What’s keeping Google Correlate from being in our regular research rotation?
The Inevitability of Dimensionality
In the context of big data, high dimensionality refers to the challenges massive sample sizes with tons of variables can produce.
When faced with a substantial dataset, spurious correlations are bound to occur.
You know what has a substantial dataset? Google Correlate.
As I mentioned earlier, Google Flu Trends became increasingly inaccurate, and its high dimensionality was a big reason for it. Additionally, some tried to use the tool to forecast the stock market, which many claim is impossible to predict.
While this dimensionality has likely turned some away, I would argue in many cases it isn’t the tool or the data causing the issue; it’s the methodology or interpretation.
The Van Wilder of Betas
If you’ve followed Google over the years, you’ll know it’s not uncommon for its products to remain beta for a while.
Some of it is certainly semantics, but it has rubbed more than a few people the wrong way.
Google Correlate has been in beta for seven years.
The question is whether this is just semantics (like with Gmail), or if it’s truly still in early stages of development.

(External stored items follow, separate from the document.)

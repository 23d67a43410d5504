//! Appending the gates of tables to a net.

ghost use Rattle.std.specs.Prelude.{◌≡◌, ◌+◌, ◌<◌, ◌^◌, [], length, slice_get, None, OnOk, IfOk};
ghost use Rattle.indexmap.specs.IndexMap.{get};
ghost use Rattle.net_theory.specs.Document.{is_same};
ghost use Rattle.net_theory.specs.WellFormed.{IsTable, IsWellFormed};
ghost use Rattle.net_core.specs.Wholes.{cover_of, IsBody};
ghost use Rattle.graph_core.specs.VisitLaws.{IsTopologicalOrder};
ghost use Rattle.net_theory.specs.NetOf.{grown_by, table_built, with_table, with_tables, graph_of, with_sources};
ghost use Rattle.net_theory.specs.NetOf.{source_count, net_in_order};
ghost use Rattle.net_theory.specs.Document.{source_names};
ghost use Rattle.net_build.specs.Parts.{growth, AreSignalsBelow, CanExpand, FitsTable, IsPartlyBuilt};
ghost use Rattle.net_theory.specs.Limits.{most_gates};

use crate::merging::{first_alone, merged_cover};
use crate::signals::{number_latches, number_names, push_signals, set_signal, sinks_of};
use indexmap::IndexMap;
use net_core::{Body, Name, Net, Sig, expand_body};
use net_document::{Document, Table};
use std::alloc::{AllocError, Global};

/// Appends the gates of a body over the inputs `names` to a net and binds `output` to the resulting signal.
#[tactic(auto, using(crate::proofs::Growths::covers))]
fn add_body(
    alloc: Global,
    net: &mut Net,
    signals: &mut IndexMap<Name, Sig>,
    body: &Body,
    names: &[Name],
    output: &Name,
) -> Result<(), AllocError>
    requires body { IsBody body.now }
    requires fits { CanExpand net.old (cover_of body.now) names.now }
    requires below { AreSignalsBelow net.old (get is_same signals.old) }
    ensures grown { OnOk result (growth net.new.gates (get is_same signals.new) ≡
        grown_by (growth net.old.gates (get is_same signals.old)) output.now
        (table_built net.old.sources (growth net.old.gates (get is_same signals.old)) (record {
          inputs = names.now;
          output = output.now;
          cover = cover_of body.now;
        }))) }
    ensures sources { OnOk result (net.new.sources ≡ net.old.sources) }
    ensures sinks { OnOk result (net.new.sinks ≡ net.old.sinks) }
{
    let mut inputs = Vec::new(alloc);
    push_signals(signals, names, &mut inputs)?;
    let sig = expand_body(alloc, net, body, &inputs)?;
    set_signal(signals, output, sig)
}

/// Appends the gates of a table to a net.
#[tactic(auto, using(crate::proofs::Growths::tables, crate::proofs::Merged::body_good), // for the prover
unfolding(net_theory::specs::NetOf::with_table))]
fn add_table(
    alloc: Global,
    net: &mut Net,
    signals: &mut IndexMap<Name, Sig>,
    table: &Table,
) -> Result<(), AllocError>
    requires table { IsTable table.now }
    requires fits { FitsTable net.old table.now }
    requires below { AreSignalsBelow net.old (get is_same signals.old) }
    ensures grown { OnOk result (growth net.new.gates (get is_same signals.new) ≡
        with_table net.old.sources (growth net.old.gates (get is_same signals.old)) table.now) }
    ensures sources { OnOk result (net.new.sources ≡ net.old.sources) }
    ensures sinks { OnOk result (net.new.sinks ≡ net.old.sinks) }
{
    match merged_cover(alloc, table)? {
        Some(cover) => {
            let names = first_alone(&table.inputs);
            let body = Body::Cubes(cover);
            add_body(alloc, net, signals, &body, names, &table.output)
        }
        None => add_body(
            alloc,
            net,
            signals,
            &table.body,
            &table.inputs,
            &table.output,
        ),
    }
}

/// The table with index `table` of a document.
pub fn table_at(document: &Document, table: u32) -> &Table
    requires { table < length document.now.tables }
    ensures { slice_get document.now.tables table ≡ Some result.now }
{
    &document.tables[table as usize]
}

/// Appends the gates of all tables to a net, in the given order.
#[tactic(auto, using(crate::proofs::Growths::runs), unfolding(net_theory::specs::NetOf::with_tables))]
fn add_tables(
    alloc: Global,
    net: &mut Net,
    signals: &mut IndexMap<Name, Sig>,
    document: &Document,
    order: &[u32],
) -> Result<(), AllocError>
    requires well { IsWellFormed document.now }
    requires small { source_count document.now + most_gates < 2 ^ 31 }
    requires begun { IsPartlyBuilt document.now net.old (get is_same signals.old) order.now }
    ensures grown { OnOk result (growth net.new.gates (get is_same signals.new) ≡
        with_tables (source_count document.now) document.now.tables (growth net.old.gates (get is_same signals.old))
        order.now) }
    ensures begun { OnOk result (IsPartlyBuilt document.now net.new (get is_same signals.new) []) }
{
    let mut left = order;
    while let Some((table, rest)) = left.split_first() {
        add_table(alloc, net, signals, table_at(document, *table))?;
        left = rest;
    }
    Ok(())
}

/// Binds the names of the sources to the nodes from 1 on.
#[tactic(auto, using(crate::proofs::Growths::sources))]
fn number_sources(signals: &mut IndexMap<Name, Sig>, document: &Document) -> Result<(), AllocError>
    requires { source_count document.now + most_gates < 2 ^ 31 }
    ensures { OnOk result (get is_same signals.new ≡
        with_sources (get is_same signals.old) 1 (source_names document.now)) }
{
    number_names(signals, 1, &document.inputs)?;
    let next = 1 + document.inputs.len() as u32;
    number_latches(signals, next, &document.latches)
}

/// The net of a document whose tables have the topological order `order`; `signals` has the signals of the
/// sources.
#[tactic(auto, using(crate::proofs::Growths::nets), unfolding(net_theory::specs::NetOf::net_in_order))]
fn net_over(
    alloc: Global,
    document: &Document,
    order: &[u32],
    signals: &mut IndexMap<Name, Sig>,
) -> Result<Net, AllocError>
    requires well { IsWellFormed document.now }
    requires small { source_count document.now + most_gates < 2 ^ 31 }
    requires order { IsTopologicalOrder (graph_of document.now.tables) order.now }
    requires signals { get is_same signals.old ≡ with_sources (λ n. None) 1 (source_names document.now) }
    ensures { IfOk result (λ net. net ≡ net_in_order document.now order.now) }
{
    let sources = document.inputs.len() + document.latches.len();
    let mut net = Net::new(sources as u32, Vec::new(alloc), Vec::new(alloc));
    add_tables(alloc, &mut net, signals, document, order)?;
    let sinks = sinks_of(alloc, signals, document)?;
    Ok(net.with_sinks(sinks))
}

/// The net of a document whose tables have the topological order `order`.
pub fn grow(alloc: Global, document: &Document, order: &[u32]) -> Result<Net, AllocError>
    requires well { IsWellFormed document.now }
    requires small { source_count document.now + most_gates < 2 ^ 31 }
    requires order { IsTopologicalOrder (graph_of document.now.tables) order.now }
    ensures { IfOk result (λ net. net ≡ net_in_order document.now order.now) }
{
    let mut signals = IndexMap::new(alloc);
    number_sources(&mut signals, document)?;
    net_over(alloc, document, order, &mut signals)
}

The Problematic User Interface
I’ve covered the UI issues in the How to Use Google Correlate section, so I won’t belabor the point here.
As you can see in Google’s suggestions, I’m not the only one who has experienced difficulties.
Between this and the shaky data (more on that in a second), Google Correlate can sometimes seem like more trouble than it’s worth.
The Finicky Data
A problematic UI is one thing, but limited data is another.
Here are three ways Google Correlate’s data leaves more to be desired:
- In 2011, several countries were added to Google Correlate. As a result, the U.S. sample size was reduced to the same level of countries that were added. This meant larger variances for lower-volume queries, as well as the elimination of some low volume queries altogether.
- Although the FAQ page claims the data begins in January of 2003, none of the graphs start until January 2004.
- Frustratingly, Google Correlate stopped updating on March 12, 2017. There was no announcement from Google that I’m aware of. I’ve reached out to folks at Google via Twitter, submitted feedback and have even emailed some of the original creators of the tool. No response yet.
This third data issue towers over the other two. The longer we go without fresh data, the less valuable Google Correlate is. Eventually, it’ll be a deal breaker, rendering the tool useless. If you’re so inclined, please submit your own feedback and request for Google Correlate to resume reporting on fresh data. If enough of us ask, perhaps it will rise on the priority list, or at least get an answer.
So Now What?
At this point you may be inspired to give this tool a(nother) go, or you could just as likely be deflated by its drawbacks.
If I’m being honest, I’ve ping-ponged to each extreme while writing this.
Google Correlate can be polarizing for some, but if you’re a search marketer, it’s worth it to have first-hand experience to decide for yourself.
Oh, and don’t forget to bug Google about turning the fresh data back on!